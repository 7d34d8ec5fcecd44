// The call read: a link file taken into a net's tables.
#![tactic(auto)]

ghost use Rattle.std.specs.Prelude.{◌≡◌, ◌+◌, ◌*◌, ◌≤◌, length};
ghost use Rattle.words.specs.Word.{word_at};
ghost use Rattle.game.specs.Tree.{sound_parent};
ghost use Rattle.refusal.specs.Limits.{max_vertices};
ghost use Rattle.refusal.specs.Numbers.{code, verdict};
ghost use Rattle.refusal.specs.Outcome.{ended};
ghost use Rattle.game.specs.Net.{net};
ghost use Rattle.records.specs.LinkFile.{file_net};
ghost use Rattle.read.specs.Read.{unfit, read_refusal, read_outcome};

use net::Net;
use records::{RECORD, is_absent};
use refusal::Refusal;

// Whether the parent in the record at place `at` may be that of the vertex at rank i among n: it is absent or stands above i,
// within the table.
#[tactic(auto, unfolding(game::specs::Tree::sound_parent))]
fn is_parent_at(bytes: &[u8], at: usize, n: usize, i: usize) -> bool
    requires { at + 4 ≤ length bytes.now }
    ensures { result ≡ sound_parent n i (word_at bytes.now at) }
{
    if is_absent(bytes, at) {
        return true;
    }
    let parent = words::word_at(bytes, at) as usize;
    (i < parent) & (parent < n)
}

// What a file of n records is refused for. A wrong parent in any record comes before the total.
fn records_refusal(bytes: &[u8], n: usize) -> Result<(), Refusal>
    requires { (length bytes.now ≡ 8 * n) × (n ≤ max_vertices) }
    ensures { code result ≡ unfit (file_net bytes.now) }
{
    let mut total: u64 = 0;
    for rank in 0..n {
        let at = RECORD * rank;
        if !is_parent_at(bytes, at, n, rank) {
            return Err(Refusal::BadParent);
        }
        total += u64::from(words::word_at(bytes, at + 4));
    }
    if Net::MAX_TOTAL < total {
        return Err(Refusal::Full);
    }
    Ok(())
}

// What a reading into tables of n parents and m weights is refused for. What the tables hold is not looked at.
#[tactic(auto, unfolding(crate::specs::Read::read_refusal, refusal::specs::Refusal::first, refusal::specs::Refusal::given, refusal::specs::Refusal::wrong_length))]
fn read_refusal(n: usize, m: usize, bytes: &[u8]) -> Result<(), Refusal>
    ensures { code result ≡ read_refusal n m bytes.now }
{
    if refusal::bad_count(n) {
        return Err(Refusal::BadCount);
    }
    if m != n {
        return Err(Refusal::WrongLength);
    }
    if bytes.len() != RECORD * n {
        return Err(Refusal::BadFile);
    }
    records_refusal(bytes, n)
}

// Takes the records of a file into a net's tables.
fn take_records(parents: &mut [u32], weights: &mut [u32], bytes: &[u8])
    requires { (length weights.old ≡ length parents.old) × (length bytes.now ≡ 8 * length parents.old) }
    ensures { net parents.new weights.new ≡ file_net bytes.now }
{
    for rank in 0..parents.len() {
        let at = RECORD * rank;
        parents[rank] = words::word_at(bytes, at);
        weights[rank] = words::word_at(bytes, at + 4);
    }
}

// Read: overwrites a net with the one that a link file says. Refused, it leaves the net as it was; nothing is written before
// the whole file is checked.
pub fn read(parents: &mut [u32], weights: &mut [u32], bytes: &[u8]) -> Result<(), Refusal>
    ensures { ended (verdict result) (net parents.new weights.new)
        ≡ read_outcome (net parents.old weights.old) bytes.now }
{
    read_refusal(parents.len(), weights.len(), bytes)?;
    take_records(parents, weights, bytes);
    Ok(())
}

○ ○ ○ ○ ○ ○ ○

**WHAT IS NEEDED**. Extract exactly and only the lines above from the line containing "taken into a net's tables." through the line containing "fn is_parent_at(bytes: &[u8], at: usize, n: usize, i: usize)", both end lines included.

**ANSWER TO THE PROBLEM**.
// The call read: a link file taken into a net's tables.
#![tactic(auto)]

ghost use Rattle.std.specs.Prelude.{◌≡◌, ◌+◌, ◌*◌, ◌≤◌, length};
ghost use Rattle.words.specs.Word.{word_at};
ghost use Rattle.game.specs.Tree.{sound_parent};
ghost use Rattle.refusal.specs.Limits.{max_vertices};
ghost use Rattle.refusal.specs.Numbers.{code, verdict};
ghost use Rattle.refusal.specs.Outcome.{ended};
ghost use Rattle.game.specs.Net.{net};
ghost use Rattle.records.specs.LinkFile.{file_net};
ghost use Rattle.read.specs.Read.{unfit, read_refusal, read_outcome};

use net::Net;
use records::{RECORD, is_absent};
use refusal::Refusal;

// Whether the parent in the record at place `at` may be that of the vertex at rank i among n: it is absent or stands above i,
// within the table.
#[tactic(auto, unfolding(game::specs::Tree::sound_parent))]
fn is_parent_at(bytes: &[u8], at: usize, n: usize, i: usize) -> bool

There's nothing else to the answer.